KPK pun telah sepakat untuk mengusut kasus klaim fiktif tersebut. Apabila pelakunya tidak memenuhi unsur penyelenggara negara, KPK akan melimpahkannya ke aparat penegak hukum lain
Sementara itu, Deputi Kepala BPKP Bidang Investigasi Agustina Arumsari atau Sari menyatakan pihaknya siap membantu perhitungan kerugian negara dalam skandal tersebut.
Sari mengingatkan, selain terdapat Permenkes Nomor 16 tahun 2019, masih terdapat Undang-Undang Pemberantasan Tindak Pidana Korupsi.
“Kalau terkait dengan penyimpangan yang merugikan keuangan negara tentu ini akan menjadi ranah tindak pidana korupsi,” ujar Sari.
Direktur Kepatuhan dan Hubungan Antar Lembaga BPJS Kesehatan, Mundiharno mengeklaim tidak ada pegawainya yang terlibat dalam skandal ini.
Ia mengatakan, dugaan fraud ini justru pertama kali diungkap oleh pegawai BPJS Kesehatan sebelum ditindaklanjuti bersama KPK, Kemenkes, dan BPKP.
Menurut Mundi, pegawai BPJS bahkan turun ke lapangan, melakukan verifikasi ke pasien sehingga terungkap modus dalam phantom billing.
“Kalau sampai terjadi ditemukan pegawai yang melakukan itu sudah pasti dikenakan sanksi berat,” ujar Mundi. Izin praktik bisa dicabut
Inspektur Jenderal (Irjen) Kemenkes Murti Utami atau Ami menyatakan, izin praktik pihak rumah sakit maupun dokter yang terlibat dalam skandal tersebut bisa dicabut.
Sanksi ini merujuk pada Peraturan Menteri Kesehatan (Permenkes) Nomor 16 Tahun 2019. “Yang cukup berat pencabutan izin praktek dari pelaku tersebut,” kata Ami di KPK.
Ia mengatakan, Kemenkes memiliki sistem informasi yang memuat data identitas tenaga kesehatan, faskes tempat bekerja, nomor induk kepegawaian (NIK), hingga surat izin praktek (SIP).
Individu seperti dokter yang terlibat bisa dicatat dalam sistem tersebut. Kemudian, Kemenkes bisa membekukan Satuan Kredit Profesi (SKP) Dokter. Setiap tahun, dokter harus mengumpulkan 50 angka kredit untuk menjaga kompetensi.
“Kalau enam bulan kita bekukan (izin praktiknya), mungkin tidak terpenuhi kan,” tutur Ami.

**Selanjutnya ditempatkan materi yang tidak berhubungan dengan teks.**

//! NoUndefinedVariables (section 5.8.3 of the Specification).

ghost use Rattle.std.specs.Prelude.{◌≡◌, ◌++◌, IfOk, OnOk, codes, map, option_map, string_bytes};
ghost use Rattle.std.specs.List.{flat_map, list_any};
ghost use Rattle.std.specs.Option.{is_none};
ghost use Rattle.std.specs.Str.{bytes_eq};
ghost use Rattle.graphql_spec.specs.Documents as documents;
ghost use Rattle.graphql_spec.specs.Documents.{word_name};
ghost use Rattle.graphql_spec.specs.Schema.{Schema};
ghost use Rattle.graphql_spec.specs.VariableUses as variable_uses;
ghost use Rattle.juniper_syntax.specs.DocumentView.{view_operation, view_variable, view_word};
ghost use Rattle.juniper_type_rules.specs.Variables.{words_given};
ghost use Rattle.juniper_explain.specs.Adding.{Adds, WherePlaced};
ghost use Rattle.juniper_explain.specs.Explanations.{named};
ghost use Rattle.juniper_explain.specs.Nodes.{undefined_name, undefined_text, undefined_variables, where_found};
ghost use Rattle.juniper_explain.specs.Parts.{view_each};
ghost use Rattle.juniper_explain.specs.Words.{view_words};

use crate::explanation::{Explanation, Wording, add_named};
use crate::parts::parts_of;
use crate::rule::Rule;
use crate::variables::listed;
use juniper_rules::ListedOnTypes;
use juniper_syntax::{DefinedVariable, Definition, Operation, ScalarValue, Span, Spanning};
use juniper_type_rules::words_in_lists;
use juniper_written::FragmentsByName;
use std::alloc::{AllocError, Global};

/// Explains the variables that a definition of a document, with these fragments, uses and does not define, in itself or in
/// fragments that it reaches, where it violates the rule.
#[tactic(auto, unfolding(crate::specs::Nodes::where_found))]
pub(crate) fn explain_undefined<'p, 'l, 'd, 'a, S: ScalarValue>(
    alloc: Global,
    document: &'p [ListedOnTypes<'l, 'd, 'a, S>],
    fragments: &FragmentsByName<'d, 'a, S>,
    one: &'p ListedOnTypes<'l, 'd, 'a, S>,
    is_violated: bool,
    explanations: &mut Vec<Explanation>,
) -> Result<(), AllocError>
    ensures { OnOk result ((s : Schema) (d : documents.Document) → WherePlaced S.shown s document.now fragments.now one.now d (λ x.
        Adds explanations.old.items explanations.new.items (where_found is_violated (undefined_variables d x)))) }
{
    if is_violated {
        explain_all(alloc, document, fragments, one, explanations)
    } else {
        Ok(())
    }
}

/// Explains those of a definition: of an operation all, and of a fragment none.
fn explain_all<'p, 'l, 'd, 'a, S: ScalarValue>(
    alloc: Global,
    document: &'p [ListedOnTypes<'l, 'd, 'a, S>],
    fragments: &FragmentsByName<'d, 'a, S>,
    one: &'p ListedOnTypes<'l, 'd, 'a, S>,
    explanations: &mut Vec<Explanation>,
) -> Result<(), AllocError>
    ensures { OnOk result ((s : Schema) (d : documents.Document) → WherePlaced S.shown s document.now fragments.now one.now d (λ x.
        Adds explanations.old.items explanations.new.items (undefined_variables d x))) }
{
    let listed = one.listed;
    match listed.definition {
        Definition::Operation(operation) => {
            let parts = parts_of(alloc, document, fragments, one)?;
            explain_parts(alloc, operation, &parts, explanations)
        }
        Definition::Fragment(_) => Ok(()),
    }
}

/// Explains the variables in the arguments of some definitions, of which this is listed, that the operation does not define.
fn explain_parts<'a, S: ScalarValue>(
    alloc: Global,
    operation: &Spanning<Operation<'a, S>, Span>,
    parts: &Vec<&ListedOnTypes<'_, '_, 'a, S>>,
    explanations: &mut Vec<Explanation>,
) -> Result<(), AllocError>
    ensures { OnOk result (Adds explanations.old.items explanations.new.items
        (flat_map (λ l. flat_map (undefined_name (view_operation S.shown operation.now)) (flat_map (flat_map words_given) l.listing.arguments))
        (view_each S.shown parts.now.items))) }
{
    let variables = listed(&operation.item.variable_definitions);
    let after = undefined_text(alloc, &operation.item.name)?;
    let wording = Wording {
        rule: Rule::NoUndefinedVariables,
        before: "Variable `$",
        after: after.as_str(),
    };
    for index in 0..parts.len() {
        let part = parts[index];
        let listed = part.listed;
        let words = words_in_lists(alloc, &listed.arguments)?;
        explain_words(alloc, variables, &words, &wording, explanations)?;
    }
    Ok(())
}

/// Explains those of the names that none of the variables has.
fn explain_words<'a, S: ScalarValue>(
    alloc: Global,
    variables: &[DefinedVariable<'a, S>],
    words: &Vec<Spanning<&str, Span>>,
    wording: &Wording<'_>,
    explanations: &mut Vec<Explanation>,
) -> Result<(), AllocError>
    ensures { OnOk result (Adds explanations.old.items explanations.new.items
        (flat_map (λ w. named (is_none (variable_uses.definition_of (map (view_variable S.shown) variables.now) w.item))
        wording.now.rule w wording.now.before.now wording.now.after.now) (view_words words.now.items))) }
{
    for index in 0..words.len() {
        let word = words[index];
        explain_name(alloc, variables, &word, wording, explanations)?;
    }
    Ok(())
}

/// What is said behind the name of a variable that the operation of this name does not define.
#[tactic(auto, unfolding(crate::specs::Nodes::undefined_text, graphql_spec::specs::Documents::word_name))]
fn undefined_text(
    alloc: Global,
    operation: &Option<Spanning<&str, Span>>,
) -> Result<String, AllocError>
    ensures { IfOk result (λ t. string_bytes t ≡ undefined_text (word_name (option_map view_word operation.now))) }
{
    match operation {
        Some(word) => by_operation(alloc, word.item),
        None => String::from_str(alloc, "` is not defined"),
    }
}

/// What is said of an operation with a name.
fn by_operation(alloc: Global, name: &str) -> Result<String, AllocError>
    ensures { IfOk result (λ t. string_bytes t ≡ codes "` is not defined by operation `" ++ (name.now ++ codes "`")) }
{
    format!(in alloc; "` is not defined by operation `{name}`")
}

/// Explains the name of a variable, where none of these has it.
fn explain_name<'a, S: ScalarValue>(
    alloc: Global,
    variables: &[DefinedVariable<'a, S>],
    word: &Spanning<&str, Span>,
    wording: &Wording<'_>,
    explanations: &mut Vec<Explanation>,
) -> Result<(), AllocError>
    ensures { OnOk result (Adds explanations.old.items explanations.new.items
        (named (is_none (variable_uses.definition_of (map (view_variable S.shown) variables.now) (view_word word.now).item))
        wording.now.rule (view_word word.now) wording.now.before.now wording.now.after.now)) }
{
    let is_undefined = is_undefined(variables, word.item);
    add_named(alloc, explanations, is_undefined, word, wording)
}

/// Whether none of the variables has this name.
fn is_undefined<'a, S: ScalarValue>(variables: &[DefinedVariable<'a, S>], name: &str) -> bool
    ensures { result ≡ is_none (variable_uses.definition_of (map (view_variable S.shown) variables.now) name.now) }
{
    !defines(variables, name)
}

/// Whether one of the variables has this name.
fn defines<'a, S: ScalarValue>(variables: &[DefinedVariable<'a, S>], name: &str) -> bool
    ensures { result ≡ list_any (λ v. bytes_eq name.now v.name.item) (map (view_variable S.shown) variables.now) }
{
    for variable in variables {
        if name == variable.0.item {
            return true;
        }
    }
    false
}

Pahala menambahkan, BPJS juga bisa menghentikan kerja sama dengan pihak RS. Namun, pencabutan izin praktek menjadi pilihan terakhir jika pihak RS dan mereka yang terlibat tidak kooperatif melaksanakan rekomendasi tim gabungan.
“Ya itu yang terakhir itu, makanya kalau rumah sakitnya dihentikan kerjasamanya, wah itu, sebenarnya kayak yang satu itu rumah sakit di perkebunan, alternatifnya apa?” ujar Pahala.
Selain mengusut tiga RS yang melakukan korupsi, tim gabungan mengingatkan RS lain yang melakukan fraud agar mengembalikan uang panas itu ke BPJS sesuai Permenkes Nomor 16 Tahun 2019.
“Makanya kita lebih persuasif saja, kalau selama ini melakukan sudah ngaku saja dulu, soal ngaku nanti saya enggak ada uangnya dulu, ya boleh, cicil saja boleh, koreksi klaimnya dicicil,” kata Pahala.